Uno de los dramas más patéticos del hombre es el abismo que suele mediar entre el propósito y el cumplimiento: «Pretendemos ofrecer una serie española que aporte un granito de buen gusto, otro de cultura, otro de prestigio ... », dice Natalia Figueroa que le dijeron hace año y medio los que han acabado sacando ese bodrio inmundo y grosero hecho contextos del Quijote que se está echando por la televisión. Pero el artículo de Figueroa (Abc, 21-2-80) no se contenta con celebrar a los autores, sino que se extiende en enumerar y encarecer toda una serie de espléndidos beneficios culturales que ya, sin haber terminado siquiera las entregas, se estarían manifestando por ahí como efectos de la joya. Entre esos beneficios, el más inexplicable y pintoresco es tal vez el siguiente: «Cuando terminen los 52 episodios de que consta la serie, un montón de españoles podrán decir que conocen la historia del Caballero de la Mancha. Podrán decirlo.... sin mentir. » Aun dejando a un lado lo extremamente discutible de tal afirmación y pasándola por buena, ¿para qué coños, me pregunto yo, puede nadie en el mundo necesitar poder decir que conoce el Quijote, sin que sea mentira, o incluso siéndolo, si se me apura?Por otra parte, confiaba yo en que después de lo que le pasó al pobre don Ramón Menéndez Pidal, cuando hubo de verse avalando y acreditando a pleno cartelón de nombre y apellidos aquel increíble Mio Cid, de Samuel Bronston, todos los académicos habrían escarmentado de una vez por todas en cabeza ajena para no dejarse engatusar ni llevar de la nariz por el primer industrial de la cultura, siempre dispuesto a aprovecharse de la inocencia de los sabios y capaz de dejar el prestigio mejor fundado a la altura del betún; pero ahora veo que todo un don Guillermo Díaz-Plaja, en quien los de mi edad (o «de mi generación», como diría un periodista) hemos mamado, como el otro que dice, las letras castellanas -aunque empiezo a dudar muy seriamente si bien o mal mamadas-, es el que sale por fiador de la nueva piececita, que no deja cosa humana ni divina por estropear.

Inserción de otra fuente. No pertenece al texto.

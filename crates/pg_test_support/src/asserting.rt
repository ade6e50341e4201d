//! Macros for assertions, which are calls: a test that calls is proved sooner than one that branches. Only a
//! crate's tests may end their process, so each crate of tests has the functions in its module `asserting`.

/// As `assert_eq!`; the last argument says where, as a value.
#[macro_export]
macro_rules! check_eq {
    ($rt:expr; $found:expr, $want:expr $(,)?) => {
        crate::tests::asserting::same(&$rt, $found, $want, stringify!($found))
    };
    ($rt:expr; $found:expr, $want:expr, $at:expr $(,)?) => {
        crate::tests::asserting::same(&$rt, $found, $want, $at)
    };
}

/// As `assert!`.
#[macro_export]
macro_rules! check {
    ($rt:expr; $is_so:expr $(,)?) => {
        crate::tests::asserting::holds(&$rt, $is_so, stringify!($is_so))
    };
    ($rt:expr; $is_so:expr, $at:expr $(,)?) => {
        crate::tests::asserting::holds(&$rt, $is_so, $at)
    };
}

/// What a call returns, made once more if it was refused memory; the last argument is that error, where the call
/// has others. `tests/program/refused_calls.py` of the repository runs each test whose name ends in
/// `after_a_refusal` with one allocation after another refused.
#[macro_export]
macro_rules! twice {
    ($call:expr $(,)?) => {
        match $call {
            Err(_) => $call,
            answer => answer,
        }
    };
    ($call:expr, $memory:pat $(,)?) => {
        match $call {
            Err($memory) => $call,
            answer => answer,
        }
    };
}
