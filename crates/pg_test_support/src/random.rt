//! Numbers that look random, and games of them.

use crate::draft::{EVEN, ODD, Plain};
use crate::sets::bit;
use pg_game::Memory;
use std::alloc::Global;

/// The same in each run that begins with the same seed.
#[derive(Drop)]
pub struct Random {
    state: u64,
}

impl Random {
    pub fn new(seed: u64) -> Random {
        Random { state: seed }
    }

    /// A number below `n`, or 0.
    pub fn below(&mut self, n: u32) -> u32 {
        self.state = self
            .state
            .wrapping_mul(6_364_136_223_846_793_005)
            .wrapping_add(1_442_695_040_888_963_407);
        let number = ((self.state >> 33) & 0x7fff_ffff) as u32;
        number % n.max(1)
    }
}

/// A game of eight to 28 vertices with priorities below 10, which mostly leaves something to the recursion.
pub fn random_game(alloc: Global, random: &mut Random) -> Result<Vec<Plain>, Memory> {
    let n = random.below(21).saturating_add(8);
    let mut vertices = Vec::new(alloc);
    for _v in 0..n {
        let owner = if random.below(2) == 0 { EVEN } else { ODD };
        let successors = bit(random.below(n)) | bit(random.below(n));
        vertices.push((random.below(10), owner, successors))?;
    }
    Ok(vertices)
}
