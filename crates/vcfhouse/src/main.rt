// Reads a header from standard input and writes its house form to standard output, or its refusal to standard error.
#![tactic(auto)]

use entries::form::Form;
use house::form::HouseAnswer;
use records::refusal::Refusal;
use values::bytes;

fn say_refused(refusal: Refusal, line: usize, start: usize) {
    let mut out = io::buffer();
    let end = report::put_refused(&mut out, 0, refusal.number(), line, start);
    io::write_all(2, bytes::part(&out, 0, end));
}

fn say_answer(answer: HouseAnswer, form: &[u8]) {
    let outcome = answer.outcome;
    match outcome {
        Ok((_, _)) => {
            io::write_all(1, bytes::part(form, 0, answer.length));
        }
        Err(refusal) => say_refused(refusal, answer.line, answer.start),
    }
}

// Input that the buffer can't hold is a header too long for this program.
fn main() {
    let mut buffer = io::large_buffer();
    let n = io::read_full(0, &mut buffer);
    let mut more = [0u8; 1];
    if 0 < io::read_full(0, &mut more) {
        say_refused(Refusal::HeaderTooLong, 0, 0);
        return;
    }
    let mut table = [0u64; 8192];
    let mut form = io::large_buffer();
    let answer = house::form::house_form(&buffer[..n], None, Form::First, &mut table, &mut form);
    say_answer(answer, &form);
}
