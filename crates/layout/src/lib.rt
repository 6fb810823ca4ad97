// The layout of a book's bodies, and each section as the stretch that its entry names.

#![tactic(auto)]

ghost use Rattle.std.specs.Prelude.{◌≡◌, ◌≤◌};
ghost use Rattle.chain.specs.Decisions.{Tells};
ghost use Rattle.heads.specs.Heads.{edition, offset_at, Headed};
ghost use Rattle.layout.specs.Layout.{sections_of, LaidOut, InOrder, term_bytes, rule_bytes, membership_bytes, link_bytes, pair_bytes, terms_in};

use encoding::word;
use heads::{count_pairs, head_of};

// The book's own N, which its checks go by, where each body begins, and where the last ends. The pairs of edition 1 are none, at the end.
#[derive(Clone, Copy)]
pub struct Sections {
    pub steps: u8,
    pub terms: usize,
    pub rules: usize,
    pub memberships: usize,
    pub links: usize,
    pub pairs: usize,
    pub end: usize,
}

// ---- check 5

// Where the bodies stand, by their counts: each right after the one before.
#[tactic(auto, using(heads::proofs::Editions::head_bounds))]
pub fn sections_of(b: &[u8]) -> Sections
    requires { Headed b.now }
    ensures { result ≡ sections_of b.now }
{
    let terms = head_of(b);
    let rules = terms + 3 * word(b, 4);
    let memberships = rules + 2 * word(b, 8);
    let links = memberships + 4 * word(b, 12);
    let pairs = links + 4 * word(b, 16);
    let end = pairs + 2 * count_pairs(b);
    Sections {
        steps: b[1],
        terms,
        rules,
        memberships,
        links,
        pairs,
        end,
    }
}

// Does a fifth entry, where there is one, say that the pairs begin at `start`?
#[tactic(auto, using(heads::proofs::Editions::head_second))]
fn pairs_placed(b: &[u8], start: usize) -> bool
    requires { Headed b.now }
    ensures { Tells result (edition b.now ≡ 2 → offset_at b.now 4 ≡ start) }
{
    b[0] != 2 || word(b, 18) == start
}

pub fn laid_out(b: &[u8], s: Sections) -> bool
    requires { Headed b.now }
    ensures { Tells result (LaidOut b.now s) }
{
    word(b, 2) == s.terms
        && word(b, 6) == s.rules
        && word(b, 10) == s.memberships
        && word(b, 14) == s.links
        && pairs_placed(b, s.pairs)
        && b.len() == s.end
}

// ---- each section, as the stretch that its entry names

pub fn terms_in(b: &[u8], s: Sections) -> &[u8]
    requires { InOrder b.now s }
    ensures { result.now ≡ term_bytes b.now s }
{
    &b[s.terms..s.rules]
}

pub fn rules_in(b: &[u8], s: Sections) -> &[u8]
    requires { InOrder b.now s }
    ensures { result.now ≡ rule_bytes b.now s }
{
    &b[s.rules..s.memberships]
}

pub fn memberships_in(b: &[u8], s: Sections) -> &[u8]
    requires { InOrder b.now s }
    ensures { result.now ≡ membership_bytes b.now s }
{
    &b[s.memberships..s.links]
}

pub fn links_in(b: &[u8], s: Sections) -> &[u8]
    requires { InOrder b.now s }
    ensures { result.now ≡ link_bytes b.now s }
{
    &b[s.links..s.pairs]
}

pub fn pairs_in(b: &[u8], s: Sections) -> &[u8]
    requires { InOrder b.now s }
    ensures { result.now ≡ pair_bytes b.now s }
{
    &b[s.pairs..s.end]
}

// The number of terms.
pub fn count_terms(s: Sections) -> usize
    requires { s.terms ≤ s.rules }
    ensures { result ≡ terms_in s }
{
    (s.rules - s.terms) / 3
}
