//! One attempt.
ghost use Rattle.std.specs.Prelude.{◌≡◌, ℕ, ◌+◌, ◌-◌, ◌^◌, ◌<◌, ◌≤◌, ◌≢◌, ◌↔◌, List, [], ◌∷◌, ◌++◌, true, false, length, slice_index, slice_set, Some, None, IsTrue, IsOk, IfOk, IfErr, OnOk, OnErr};
ghost use Rattle.std.specs.Option.{option_or};
ghost use Rattle.attempt_lists.specs.Cells.{put};
ghost use Rattle.attempt_lists.specs.Levels.{merged};

use crate::check::check_drawn;
use crate::child::Mark;
use crate::gives::{give_back_all, reserve_lock};
use crate::spare::Spare;
use crate::steps::read_cell;
use crate::stop::{Stop, TxState};
use attempt_lists::{Additions, CellList, Observation, ReadSet, WriteSet};
use cell_table::{CellTable, Meaning, Pass};
use std::alloc::{AllocError, Global};
use std::marker::Model;

/// An attempt: what it read, will write and did, over one pass of a table. It must be spent by a commit or by `abort`.
///
/// Each value that it read is the cell's value at its version.
pub struct Tx<'a, M: Meaning> {
    pub(crate) table: &'a CellTable<M>,
    pub(crate) pass: Pass<M>,
    pub(crate) version: u64,
    pub(crate) reads: ReadSet,
    pub(crate) writes: WriteSet,
    pub(crate) held: CellList,
    pub(crate) notes: Vec<M::Done, Global>,
    pub(crate) additions: Additions,
    pub(crate) spare: Spare,
    pub(crate) state: TxState,
    pub(crate) committing: bool,
    pub(crate) mark: Option<Mark>,
}

impl<'a, M: Meaning> Model for Tx<'a, M> {
    ghost use Rattle.std.specs.Prelude.{◌≡◌, length};
    ghost use Rattle.attempt_lists.specs.Levels.{merged};
    ghost use Rattle.tx_core.specs.Tx.{Attempt, IsAttempt};
    ghost use Rattle.tx_core.specs.Additions.{IsProvided};
    ghost use Rattle.tx_core.specs.Children.{IsNested, marked};

    ghost Value = { Attempt M M.Done };

    ghost view = { λ a. record { table = a.table.now; pass = a.pass; state = a.state; version = a.version; observations = a.reads.observations; versions = a.reads.versions; writes = merged a.writes; notes = a.notes.items; additions = a.additions; spare = a.spare; committing = a.committing; mark = marked a.mark a.writes.parent a.held.entries } };

    ghost invariant = { λ a. IsAttempt a.table.now a.pass a.version a.reads (merged a.writes) a.held a.committing × IsProvided a.pass a.reads a.writes a.held a.additions a.spare a.committing × IsNested (length a.table.now.opening) a.state a.mark a.committing a.reads.observations a.writes a.held.entries a.notes.items };
}
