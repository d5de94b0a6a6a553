// The sixteen formats.
ghost use Rattle.std.specs.Prelude.{◌≡◌, ◌<◌};
ghost use Rattle.table.specs.Formats.{format_of};

// The limits that a format sets.
#[derive(Clone, Copy)]
pub struct Format {
    pub keymax: u8,
    pub valuemax: u32,
    pub maxkeys: u32,
}

const FORMATS: [Format; 16] = [
    Format {
        keymax: 4,
        valuemax: 64,
        maxkeys: 1024,
    },
    Format {
        keymax: 8,
        valuemax: 64,
        maxkeys: 1024,
    },
    Format {
        keymax: 12,
        valuemax: 64,
        maxkeys: 1024,
    },
    Format {
        keymax: 16,
        valuemax: 64,
        maxkeys: 1024,
    },
    Format {
        keymax: 4,
        valuemax: 256,
        maxkeys: 256,
    },
    Format {
        keymax: 8,
        valuemax: 256,
        maxkeys: 256,
    },
    Format {
        keymax: 12,
        valuemax: 256,
        maxkeys: 256,
    },
    Format {
        keymax: 16,
        valuemax: 256,
        maxkeys: 256,
    },
    Format {
        keymax: 4,
        valuemax: 1024,
        maxkeys: 64,
    },
    Format {
        keymax: 8,
        valuemax: 1024,
        maxkeys: 64,
    },
    Format {
        keymax: 12,
        valuemax: 1024,
        maxkeys: 64,
    },
    Format {
        keymax: 16,
        valuemax: 1024,
        maxkeys: 64,
    },
    Format {
        keymax: 4,
        valuemax: 4096,
        maxkeys: 16,
    },
    Format {
        keymax: 8,
        valuemax: 4096,
        maxkeys: 16,
    },
    Format {
        keymax: 12,
        valuemax: 4096,
        maxkeys: 16,
    },
    Format {
        keymax: 16,
        valuemax: 4096,
        maxkeys: 16,
    },
];

// Document 01's rule, q = i / 4 rounded down, is proved once over the index. The rows are borrowed, as the compiler would build a table that is read
// by value on the stack; so it stays with the program's constants.
pub fn format_at(index: u32) -> Format
    requires { index < 16 }
    ensures { result ≡ format_of index }
{
    let rows = &FORMATS;
    rows[index as usize]
}
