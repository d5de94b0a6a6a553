#![tactic(auto)]
// The formats: one constant table for all who go by the limits of one.
pub mod formats;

Y si a este desliz de alcance ultramarino le sumamos la actuación senatorial de los académicos Marías y Cela cuando la Constitución -donde en verdad supieron hacerse acreedores a una buena tanda de palos-, habrá que echarse las manos a la cabeza y prepararse a morir, a poco cierto que sea que la dignidad de la lengua y de las letras patrias depende en alguna medida de la Real Academia y de sus miembros. Vista, así pues, la inoperancia -si es que no ineptitud- de las, por así decirlo, «instituciones naturales» de la cultura, el cometido de cortar de raíz abominaciones tan contraculturales y -¿por qué no decirlo?- antiespañolas, como este don Quijote-Naranjito, es una pelota que se va rodando ella solita hasta los mismísimos pies de quien tanto ha propugnado y propalado la «subsidiariedad» como criterio rector de las funciones de su ministerio y que ahora no tendría más que disparar la bota y arrearle al infecto engendro un chupinazo que lo mande a aterrizar en Disneylandia, donde, sin duda, ha de estar mejor que aquí. Sería erróneo e insuficiente concebir la subsidiariedad únicamente como apoyo económico y no también como refuerzo moral o incluso físico cuando una institución de la cultura -siempre, por naturaleza, delicada y débil- se ve sobrepasada por fuerzas más prepotentes y desconsideradas. Por lo demás, el asunto es de los que se atraviesan como el Hic Rhodus, hic salta! del que depende por entero el que un flamante ministro adquiera un mínimo de credibilidad ante el público (aunque podríamos hasta estimárselo como un aceptable debut de su mandato). Esperamos, pues, sin falta, ver a Cervantes y a sus aficionados -ignorantes o no- muy pronto libres y vengados de semejante afrenta.